● **WORK REQUIRED**
Up to and including the line that contains "the input has.", repeat each line of the data exactly, starting from the first.

● **DATA SUPPLIED**
• • •

//! The command `load`: the rows of a text of CSV, written to a table in transactions of so many rows.
ghost use Rattle.std.specs.Prelude.{◌≡◌, ◌<◌, ◌≤◌, [], length, IfOk, IfErr};
ghost use Rattle.sdb_words.specs.Commands.{IsWithin, most_rows};
ghost use Rattle.sdb_app.specs.Ends.{AreKept, draws, stream, work_of};
ghost use Rattle.sdb_app.specs.Load.{AreRowsRead, AreRowsUnread, IsLoaded, StopsLoad};

use crate::input::read_bytes;
use crate::schema::{catalog_status, text_of};
use crate::status::{InputFault, Status};
use sdb_catalog::open_catalog;
use sdb_data::{CsvRefused, Mode, read_table};
use sdb_model::Which;
use sdb_schema::Table;
use sdb_script::{MOST_SCRIPT_BYTES, last_line};
use sdb_shell::load_rows;
use sdb_stores::Registry;
use sdb_types::{Clock, Ids, Octets, Seq, Source, TableName, Values};
use std::alloc::Global;

// The rows of a table that the input has.
fn read_rows<R: Source>(
    alloc: Global,
    input: &mut R,
    table: &Table,
    mode: Mode,
) -> Result<Seq<Values>, Status>
    ensures read { IfOk result (AreRowsRead (stream R.remaining R.faults input.old) (stream R.remaining R.faults input.new) table.now mode) }
    ensures err { IfErr result (AreRowsUnread (stream R.remaining R.faults input.old) (stream R.remaining R.faults input.new) table.now mode) }
    ensures counted { R.faults input.old ≤ R.faults input.new }
{
    let bytes = match read_bytes(alloc, input) {
        Ok(bytes) => bytes,
        Err(status) => return Err(status),
    };
    if bytes.len() > MOST_SCRIPT_BYTES {
        return Err(Status::Limit(last_line(&bytes), Which::InputBytes));
    }
    match read_table(alloc, table, mode, &bytes) {
        Ok(rows) => Ok(rows),
        Err(CsvRefused::BadCsv(n, fault)) => Err(Status::BadInput(n, InputFault::Csv(fault))),
        Err(CsvRefused::NoMemory) => Err(Status::NoMemory),
    }
}

/// Opens the catalog of the first store, reads the rows of the table of a name, and loads them, so many in a transaction. Returns one
/// line for each transaction.
pub fn load<S: Registry, R: Source, C: Clock, I: Ids>(
    alloc: Global,
    stores: &mut S,
    input: &mut R,
    clock: &mut C,
    ids: &mut I,
    name: &TableName,
    mode: Mode,
    size: u32,
) -> Result<Octets, Status>
    requires some { 0 < length (S.state stores.old).views }
    requires unplaced { (S.state stores.old).places ≡ [] }
    requires size { IsWithin most_rows size }
    ensures answered { IfOk result (λ text. IsLoaded name.now mode size (work_of S.state (stream R.remaining R.faults) stores.old stores.new input.old input.new)
        (draws C.answered I.answered clock.old clock.new ids.old ids.new) text) }
    ensures err { IfErr result (StopsLoad name.now mode size (work_of S.state (stream R.remaining R.faults) stores.old stores.new input.old input.new)
        (draws C.answered I.answered clock.old clock.new ids.old ids.new)) }
    ensures kept { AreKept (S.state stores.old) (S.state stores.new) }
    ensures counted { R.faults input.old ≤ R.faults input.new }
{
    let catalog = match open_catalog(alloc, stores) {
        Ok(catalog) => catalog,
        Err(refused) => return Err(catalog_status(refused)),
    };
    let Some(table) = catalog.find(name) else {
        return Err(Status::NoTable);
    };
    let rows = match read_rows(alloc, input, table, mode) {
        Ok(rows) => rows,
        Err(status) => return Err(status),
    };
    match load_rows(
        alloc, &catalog, table, mode, &rows, size, stores, clock, ids,
    ) {
        Ok(text) => text_of(alloc, &text),
        Err(_) => Err(Status::NoMemory),
    }
}
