//! Reading all of the input, and writing all of the output.
ghost use Rattle.std.specs.Prelude.{◌≡◌, ◌≤◌, ◌<◌, ◌+◌, ◌^◌, ℕ, List, [], length, take, Ok, IfOk, OnOk, OnErr, IsErrOf};
ghost use Rattle.sdb_types.specs.Bytes.{HasRisen, Takes, Appends, IsAtEnd};
ghost use Rattle.sdb_app.specs.Streams.{IsRead};

use sdb_types::{Failed, Sink, SinkRefused, Source};
use std::alloc::{AllocError, Global};

/// What was read of an input.
#[derive(Drop)]
pub enum Input {
    /// All of it, to its end.
    Whole(Vec<u8>),
    /// More bytes than the limit.
    Longer(Vec<u8>),
}

#[derive(Clone, Copy, Debug, PartialEq, Eq)]
pub enum ReadRefused {
    Failed,
    NoMemory,
}

impl From<AllocError> for ReadRefused {
    ghost use Rattle.std.specs.Prelude.{◌≡◌};
    ghost use Rattle.sdb_app.specs.declared.streams.ReadRefused.TheVariants.{NoMemory};

    ghost from_gives = { λ _ e. e ≡ NoMemory };

    fn from(_e: AllocError) -> Self {
        ReadRefused::NoMemory
    }
}

impl From<Failed> for ReadRefused {
    ghost use Rattle.std.specs.Prelude.{◌≡◌};
    ghost use Rattle.sdb_app.specs.declared.streams.ReadRefused.TheVariants.{Failed};

    ghost from_gives = { λ _ e. e ≡ Failed };

    fn from(_e: Failed) -> Self {
        ReadRefused::Failed
    }
}

const PIECE: usize = 4096;

/// Reads to the end of the input, or past a limit.
pub fn read_input<R: Source>(
    alloc: Global,
    source: &mut R,
    limit: usize,
) -> Result<Input, ReadRefused>
    requires { limit < 2 ^ 32 }
    ensures read { IfOk result (IsRead limit (R.remaining source.old) (R.remaining source.new)) }
    ensures later { R.faults source.old ≤ R.faults source.new }
    ensures failed { IsErrOf result ReadRefused.Failed → HasRisen (R.faults source.old) (R.faults source.new) }
{
    let mut bytes = Vec::new(alloc);
    let mut piece = [0; PIECE];
    while bytes.len() <= limit {
        let n = source.read(&mut piece)?;
        if n == 0 {
            return Ok(Input::Whole(bytes));
        }
        bytes.extend_from_slice(&piece[..n])?;
    }
    Ok(Input::Longer(bytes))
}

/// Writes a whole text. Where that fails, a prefix of the text was written.
pub fn write_all<W: Sink>(sink: &mut W, bytes: &[u8]) -> Result<(), SinkRefused>
    ensures all { OnOk result (Appends bytes.now (W.written sink.old) (W.written sink.new)) }
    ensures prefix { OnErr result ((k : ℕ) × (k ≤ length bytes.now) × Appends (take k bytes.now) (W.written sink.old) (W.written sink.new)) }
    ensures later { W.faults sink.old ≤ W.faults sink.new }
    ensures failed { IsErrOf result SinkRefused.Failed → HasRisen (W.faults sink.old) (W.faults sink.new) }
{
    let mut at = 0;
    while at < bytes.len() {
        let n = sink.write(&bytes[at..])?;
        at += n;
    }
    Ok(())
}
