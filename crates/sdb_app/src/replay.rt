//! The command `replay`: a script that is read, and the report of its run.
ghost use Rattle.std.specs.Prelude.{◌≡◌, ◌<◌, ◌≤◌, [], length, IfOk, IfErr};
ghost use Rattle.sdb_stores.specs.Views.{AreDistinct, names_of};
ghost use Rattle.sdb_model.specs.Report.{report_text_of};
ghost use Rattle.sdb_app.specs.Ends.{AreKept, stream, work_of};
ghost use Rattle.sdb_app.specs.Run.{IsReplayed, IsScriptRead, IsUnread, StopsReplay, status_of_text};

use crate::input::read_bytes;
use crate::play::play;
use crate::status::{InputFault, Status};
use sdb_model::{Outcome, Script};
use sdb_script::{ScriptRefused, read_script};
use sdb_stores::Registry;
use sdb_types::{Names, Source};
use std::alloc::Global;

// How the program ends where a text was refused.
fn refused_status(refused: ScriptRefused) -> Status
    ensures { result ≡ status_of_text refused }
{
    match refused {
        ScriptRefused::BadLine(n, fault) => Status::BadInput(n, InputFault::Line(fault)),
        ScriptRefused::Limit(n, which) => Status::Limit(n, which),
        ScriptRefused::NoMemory => Status::NoMemory,
    }
}

// Reads a script over stores of these names.
fn read_input_script<R: Source>(
    alloc: Global,
    input: &mut R,
    stores: &Names,
) -> Result<Script, Status>
    ensures read { IfOk result (IsScriptRead stores.now (R.remaining input.old) (R.remaining input.new)) }
    ensures err { IfErr result (IsUnread stores.now (stream R.remaining R.faults input.old) (stream R.remaining R.faults input.new)) }
    ensures counted { R.faults input.old ≤ R.faults input.new }
{
    let bytes = match read_bytes(alloc, input) {
        Ok(bytes) => bytes,
        Err(status) => return Err(status),
    };
    match read_script(alloc, &bytes, stores) {
        Ok(script) => Ok(script),
        Err(refused) => Err(refused_status(refused)),
    }
}

/// Reads a script, places its namespaces as it says, requires that its tables are empty, runs it on the stores, and returns the outcome,
/// whose report is the answer.
pub fn replay<S: Registry, R: Source>(
    alloc: Global,
    stores: &mut S,
    input: &mut R,
    names: &Names,
) -> Result<Outcome, Status>
    requires some { 0 < length (S.state stores.old).views }
    requires unplaced { (S.state stores.old).places ≡ [] }
    requires distinct { AreDistinct (names_of (S.state stores.old).views) }
    requires names { names.now ≡ names_of (S.state stores.old).views }
    ensures answered { IfOk result (λ o. IsReplayed (work_of S.state (stream R.remaining R.faults) stores.old stores.new input.old input.new) (report_text_of o)) }
    ensures err { IfErr result (StopsReplay (work_of S.state (stream R.remaining R.faults) stores.old stores.new input.old input.new)) }
    ensures kept { AreKept (S.state stores.old) (S.state stores.new) }
    ensures counted { R.faults input.old ≤ R.faults input.new }
{
    match read_input_script(alloc, input, names) {
        Ok(script) => play(alloc, stores, script),
        Err(status) => Err(status),
    }
}
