//! The coordinator's rows, made and read.
ghost use Rattle.std.specs.Prelude.{◌≡◌, Ok, IfOk, IfErr};
ghost use Rattle.std.specs.Option.{option_copied};
ghost use Rattle.sdb_record.specs.Refused.{Refuses};
ghost use Rattle.sdb_record.specs.Coordinator.{coordinator_table as coordinator_table_lem, coordinator_key_of, coordinator_row_of, decision_columns, decision_number, is_coordinator_table, id_in_values, id_of_key, decision_in_value, decision_in, is_expired};

use crate::coordinator::{Decided, Decision};
use crate::meta::{MetaRefused, moment_of, read_id, refused};
use crate::part::is_text;
use sdb_types::{
    Columns, Key, Known, Name, NoMemory, Record, TableName, TxId, Value, Values, value_named,
};
use std::alloc::Global;

fn decision_value(decision: Decision) -> i32
    ensures { result ≡ decision_number decision }
{
    match decision {
        Decision::Committed => 3,
        Decision::Aborted => 4,
    }
}

/// The coordinator's table.
pub fn coordinator_table() -> TableName
    ensures { result ≡ coordinator_table_lem }
{
    TableName {
        ns: Name::known(Known::Coordinator),
        table: Name::known(Known::State),
    }
}

/// The key of a transaction's row.
#[tactic(auto, unfolding(crate::specs::Coordinator::coordinator_key_of))]
pub fn coordinator_key(alloc: Global, id: TxId) -> Result<Key, NoMemory>
    ensures { IfOk result (λ key. key ≡ coordinator_key_of id) }
{
    let mut partition = Values::new(alloc);
    partition.push(Value::Text(id.text(alloc)?))?;
    Ok(Key {
        table: coordinator_table(),
        partition,
        clustering: Values::new(alloc),
    })
}

/// The row of a decision under the key of a transaction's row, made at a moment from 0 to 2^53.
pub fn decision_row(
    alloc: Global,
    key: Key,
    decision: Decision,
    now: i64,
) -> Result<Record, NoMemory>
    ensures { IfOk result (λ row. row ≡ record { key = key; columns = decision_columns decision now }) }
{
    let mut columns = Columns::with_room(alloc, 2)?;
    columns.set(Name::known(Known::TxCreatedAt), Value::BigInt(now))?;
    columns.set(
        Name::known(Known::TxState),
        Value::Int(decision_value(decision)),
    )?;
    Ok(Record { key, columns })
}

/// The row of a decision on a transaction, made at a moment from 0 to 2^53.
#[tactic(auto, unfolding(crate::specs::Coordinator::coordinator_row_of))]
pub fn coordinator_row(
    alloc: Global,
    id: TxId,
    decision: Decision,
    now: i64,
) -> Result<Record, NoMemory>
    ensures { IfOk result (λ row. row ≡ coordinator_row_of id decision now) }
{
    decision_row(alloc, coordinator_key(alloc, id)?, decision, now)
}

/// Whether a table is the coordinator's.
pub fn is_coordinator(table: &TableName) -> bool
    ensures { result ≡ is_coordinator_table table.now }
{
    is_text(table.ns.as_str(), "coordinator") && is_text(table.table.as_str(), "state")
}

fn id_of_values(values: &[Value]) -> Option<TxId>
    ensures { result ≡ id_in_values values.now }
{
    match values {
        [Value::Text(text)] => read_id(text),
        _ => None,
    }
}

/// The transaction whose coordinator row has this key, or none where it is no such key. Takes no memory.
#[tactic(auto, unfolding(crate::specs::Coordinator::id_of_key))]
pub fn id_of_row(key: &Key) -> Option<TxId>
    ensures { result ≡ id_of_key key.now }
{
    if !is_coordinator(&key.table) || key.clustering.len() > 0 {
        return None;
    }
    id_of_values(key.partition.as_slice())
}

fn decision_of_value(value: Option<&Value>) -> Option<Decision>
    ensures { result ≡ decision_in_value (option_copied value.entry) }
{
    match value {
        Some(Value::Int(3)) => Some(Decision::Committed),
        Some(Value::Int(4)) => Some(Decision::Aborted),
        _ => None,
    }
}

/// The decision that a coordinator row records, or the first column that fails. Out of memory is returned only in place
/// of such a refusal.
#[tactic(auto, unfolding(crate::specs::Coordinator::decision_in))]
pub fn decision_of(alloc: Global, row: &Record) -> Result<Decided, MetaRefused>
    ensures ok { IfOk result (λ decided. decision_in row.now ≡ Ok decided) }
    ensures refused { IfErr result (Refuses (decision_in row.now)) }
{
    if id_of_row(&row.key).is_none() {
        return Err(refused(alloc, "tx_id"));
    }
    let pairs = row.columns.pairs();
    let Some(created_at) = moment_of(value_named(pairs, "tx_created_at")) else {
        return Err(refused(alloc, "tx_created_at"));
    };
    let Some(decision) = decision_of_value(value_named(pairs, "tx_state")) else {
        return Err(refused(alloc, "tx_state"));
    };
    Ok(Decided {
        decision,
        created_at,
    })
}

/// Whether a record that was prepared at a moment, and that no row decides, may be given up: 15 seconds have passed.
/// Both moments are in milliseconds.
pub fn expired(prepared_at: i64, now: i64) -> bool
    ensures { result ≡ is_expired prepared_at now }
{
    i128::from(now) >= i128::from(prepared_at) + 15_000
}
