//! Names of columns, and the parts of a record that they are in.
ghost use Rattle.std.specs.Prelude.{◌≡◌, true};
ghost use Rattle.std.specs.Option.{option_copied};
ghost use Rattle.sdb_types.specs.Columns.{column};
ghost use Rattle.sdb_types.specs.Identifier.{is_name};
ghost use Rattle.sdb_record.specs.Names.{is_meta, is_before, is_user, base_name, same_name};
ghost use Rattle.sdb_record.specs.Inside.{meta_name, name_from, name_within, columns_of};

use sdb_types::{Columns, Known, Name, Value};

/// A part of a record that holds metadata: its own columns, or the before image that it keeps.
#[derive(Clone, Copy)]
pub enum Part {
    Own,
    Before,
}

/// A metadata column.
#[derive(Clone, Copy)]
pub enum MetaColumn {
    Id,
    State,
    Version,
    PreparedAt,
    CommittedAt,
    Tombstone,
}

impl MetaColumn {
    ghost use Rattle.std.specs.Prelude.{◌≡◌, true};
    ghost use Rattle.sdb_types.specs.NameText.{known_text};
    ghost use Rattle.sdb_types.specs.Identifier.{is_name};
    ghost use Rattle.sdb_record.specs.Inside.{meta_name, name_from};

    // The name that a record has for the column.
    pub(crate) fn word(self, part: Part) -> Known
        ensures { known_text result ≡ name_from part (meta_name self) }
    {
        match (part, self) {
            (Part::Own, MetaColumn::Id) => Known::TxId,
            (Part::Own, MetaColumn::State) => Known::TxState,
            (Part::Own, MetaColumn::Version) => Known::TxVersion,
            (Part::Own, MetaColumn::PreparedAt) => Known::TxPreparedAt,
            (Part::Own, MetaColumn::CommittedAt) => Known::TxCommittedAt,
            (Part::Own, MetaColumn::Tombstone) => Known::TxTombstone,
            (Part::Before, MetaColumn::Id) => Known::BeforeTxId,
            (Part::Before, MetaColumn::State) => Known::BeforeTxState,
            (Part::Before, MetaColumn::Version) => Known::BeforeTxVersion,
            (Part::Before, MetaColumn::PreparedAt) => Known::BeforeTxPreparedAt,
            (Part::Before, MetaColumn::CommittedAt) => Known::BeforeTxCommittedAt,
            (Part::Before, MetaColumn::Tombstone) => Known::BeforeTxTombstone,
        }
    }

    /// The text of this name.
    pub fn text(self, part: Part) -> &'static str
        ensures text { result.now ≡ name_from part (meta_name self) }
        ensures named { is_name result.now ≡ true }
    {
        self.word(part).text()
    }
}

// The lengths are compared first, so most names differ at once.
#[tactic(auto, using(sdb_types::proofs::Public::equal_texts))]
pub fn is_text(name: &str, text: &str) -> bool
    ensures { result ≡ same_name name.now text.now }
{
    name.as_bytes() == text.as_bytes()
}

#[tactic(auto, unfolding(crate::specs::Names::is_meta))]
fn is_meta_name(name: &str) -> bool
    ensures { result ≡ is_meta name.now }
{
    is_text(name, "tx_id")
        || is_text(name, "tx_state")
        || is_text(name, "tx_version")
        || is_text(name, "tx_prepared_at")
        || is_text(name, "tx_committed_at")
        || is_text(name, "tx_tombstone")
}

/// What follows the prefix in the name of a column of a before image.
pub fn before_image_name(name: &str) -> Option<&str>
    ensures { option_copied result ≡ base_name name.now }
{
    name.strip_prefix("before_")
}

pub fn is_before_name(name: &str) -> bool
    ensures { result ≡ is_before name.now }
{
    before_image_name(name).is_some()
}

pub fn is_user_name(name: &str) -> bool
    ensures { result ≡ is_user name.now }
{
    !is_meta_name(name) && !is_before_name(name)
}

impl Part {
    ghost use Rattle.std.specs.Prelude.{◌≡◌};
    ghost use Rattle.std.specs.Option.{option_copied};
    ghost use Rattle.sdb_record.specs.Inside.{name_within};

    /// The name that a column has in the part, if it is there.
    pub fn name_within(self, name: &str) -> Option<&str>
        ensures { option_copied result ≡ name_within self name.now }
    {
        match self {
            Part::Own => Some(name),
            Part::Before => before_image_name(name),
        }
    }
}

/// What the metadata columns of a part have as values.
#[derive(Clone, Copy)]
pub struct MetaValues<'a> {
    pub id: Option<&'a Value>,
    pub state: Option<&'a Value>,
    pub version: Option<&'a Value>,
    pub prepared_at: Option<&'a Value>,
    pub committed_at: Option<&'a Value>,
    pub tombstone: Option<&'a Value>,
}

// The value of a metadata column of a part, which is looked for first at a place. The place is then the one behind it.
fn value_near<'a>(
    columns: &'a Columns,
    part: Part,
    place: &mut usize,
    wanted: MetaColumn,
) -> Option<&'a Value>
    ensures { option_copied result ≡ column (columns_of part columns.now) (meta_name wanted) }
{
    let found = columns.get_near(*place, &Name::known(wanted.word(part)));
    if found.is_some() {
        *place = place.saturating_add(1);
    }
    found
}

/// The values of the metadata columns of a part, each none where the record lacks it. They are looked for in the order of their names.
pub fn values_within<'a>(columns: &'a Columns, part: Part) -> MetaValues<'a>
    ensures id { option_copied result.id ≡ column (columns_of part columns.now) (meta_name MetaColumn.Id) }
    ensures state { option_copied result.state ≡ column (columns_of part columns.now) (meta_name MetaColumn.State) }
    ensures version { option_copied result.version ≡ column (columns_of part columns.now) (meta_name MetaColumn.Version) }
    ensures prepared_at { option_copied result.prepared_at ≡ column (columns_of part columns.now) (meta_name MetaColumn.PreparedAt) }
    ensures committed_at { option_copied result.committed_at ≡ column (columns_of part columns.now) (meta_name MetaColumn.CommittedAt) }
    ensures tombstone { option_copied result.tombstone ≡ column (columns_of part columns.now) (meta_name MetaColumn.Tombstone) }
{
    let mut place = columns.find_place(&Name::known(MetaColumn::CommittedAt.word(part)));
    let committed_at = value_near(columns, part, &mut place, MetaColumn::CommittedAt);
    let id = value_near(columns, part, &mut place, MetaColumn::Id);
    let prepared_at = value_near(columns, part, &mut place, MetaColumn::PreparedAt);
    let state = value_near(columns, part, &mut place, MetaColumn::State);
    let tombstone = value_near(columns, part, &mut place, MetaColumn::Tombstone);
    let version = value_near(columns, part, &mut place, MetaColumn::Version);
    MetaValues {
        id,
        state,
        version,
        prepared_at,
        committed_at,
        tombstone,
    }
}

• • •

● **WRITTEN ANSWER**
//! The command `load`: the rows of a text of CSV, written to a table in transactions of so many rows.
ghost use Rattle.std.specs.Prelude.{◌≡◌, ◌<◌, ◌≤◌, [], length, IfOk, IfErr};
ghost use Rattle.sdb_words.specs.Commands.{IsWithin, most_rows};
ghost use Rattle.sdb_app.specs.Ends.{AreKept, draws, stream, work_of};
ghost use Rattle.sdb_app.specs.Load.{AreRowsRead, AreRowsUnread, IsLoaded, StopsLoad};

use crate::input::read_bytes;
use crate::schema::{catalog_status, text_of};
use crate::status::{InputFault, Status};
use sdb_catalog::open_catalog;
use sdb_data::{CsvRefused, Mode, read_table};
use sdb_model::Which;
use sdb_schema::Table;
use sdb_script::{MOST_SCRIPT_BYTES, last_line};
use sdb_shell::load_rows;
use sdb_stores::Registry;
use sdb_types::{Clock, Ids, Octets, Seq, Source, TableName, Values};
use std::alloc::Global;

// The rows of a table that the input has.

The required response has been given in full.